Many of the plants used in ethnopharmacology to treat various ailments are used with no knowledge of their toxic effect [15]. As such, the toxic effects of the selected plants were evaluated on African green monkey (Vero) cells using MTT assay. This assay is based on the conversion of MTT to an insoluble purple formazan by the mitochondrial succinate dehydrogenase of viable cells [39]. The concentrations of the extracts which resulted in 50% reduction of absorbance compared to untreated cells (LC50) are presented in Table 3. Deutschländer et al. [40] also reported the toxicity of the acetone and ethanol extracts of S. pinnata on 3 T3-L1 preadipocytes and Chang liver cells. However, McGaw et al. [41] reported that plants containing toxic compounds may have useful biological activities, since toxicity at low doses can be associated with pharmacological activity. Nevertheless, the rest of the plants were less toxic with high LC50 values.

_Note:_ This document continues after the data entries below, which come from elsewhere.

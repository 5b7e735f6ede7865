//! Graphs without the types that tools of OWL 1 write beside what says them in OWL 2.
#![tactic(auto)]

mod redundant;

pub use redundant::{is_thin, thin};
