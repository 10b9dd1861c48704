//! What the bytes of a connection ask for, one request after the other, whatever pieces they come
//! in: the acts that they bring, the replies that are pending, and the laws of both.
#![tactic(auto)]

mod act;
mod laws;
mod pending;

pub use act::Act;
pub use laws::{asked_as_it_comes, cut_into_pieces, ends_of_connections, one_asked, one_turn};
pub use pending::Pending;
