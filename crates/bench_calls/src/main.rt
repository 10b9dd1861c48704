//! Does one call so many times, for the scripts in bench/: `bench_calls CALL SIZE TIMES`. It prints the sum of
//! what the call gave each time: bytes, kept headers, or keys of an object.
#![tactic(auto)]

mod call;
mod heads;
mod pieces;
mod texts;

use call::{Call, call_of};
use std::alloc::Global;
use std::env;
use std::process::ExitCode;
use std::rt::Env;

// What the words after the program's name ask for.
#[derive(Drop)]
struct Order {
    call: String,
    size: usize,
    times: u64,
}

fn words<R: Env + AllocGlobal>(rt: &R) -> Option<Order> {
    let args = env::args(rt).ok()?;
    let mut words = args.skip(1);
    let call = words.next()?;
    let size = words.next()?.parse::<usize>().ok()?;
    let times = words.next()?.parse::<u64>().ok()?;
    Some(Order { call, size, times })
}

// The call so many times. The sum keeps each of them needed.
fn repeat(alloc: Global, call: &Call, times: u64) -> Option<usize> {
    let mut sum = 0usize;
    for _ in 0..times {
        sum = sum.wrapping_add(call.once(alloc)?);
    }
    Some(sum)
}

fn sum(alloc: Global, order: &Order) -> Option<usize> {
    let call = call_of(alloc, order.call.as_str(), order.size)?;
    repeat(alloc, &call, order.times)
}

fn main(rt: HostRuntime) -> ExitCode {
    let Some(order) = words(&rt) else {
        return ExitCode::from(1);
    };
    let Some(sum) = sum(rt.alloc(), &order) else {
        return ExitCode::from(2);
    };
    match println!(rt; "{sum}") {
        Ok(()) => ExitCode::from(0),
        Err(_) => ExitCode::from(6),
    }
}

Selectivity index was used to relate cytotoxicity and antibacterial activities of plant extracts. These values ranged from 0.02 to 22.06 (Table 3). The plant extracts had low selectivity with an exception of C. africana (22.06). The efficacy of biological activity is considered not to be due to toxicity if the selectivity index is ≥10 [42]. Therefore the observed antibacterial activity of acetone leaf extracts of C. africana was not due to toxicity. Meanwhile, those of the other plants were probably due to toxicity because of their low selectivity index values. It should be noted that cytotoxicity observed in vitro is not always encountered in vivo. This is probably because when in the biological system, some toxic compounds have the ability to undergo metabolic transformations which leads to the formation of less toxic end products [43].

Conclusions

This study demonstrated that combinational therapy may be used to address antimicrobial resistance of Gram-negative strains. Furthermore, this report highlights the anti-inflammatory potential of S. pinnata and D. rotundifolia acetone extracts which could be exploited in the search for plant-based anti-inflammatory agents. However, the cytotoxicity of S. pinnata highlights the importance of using this plant with caution.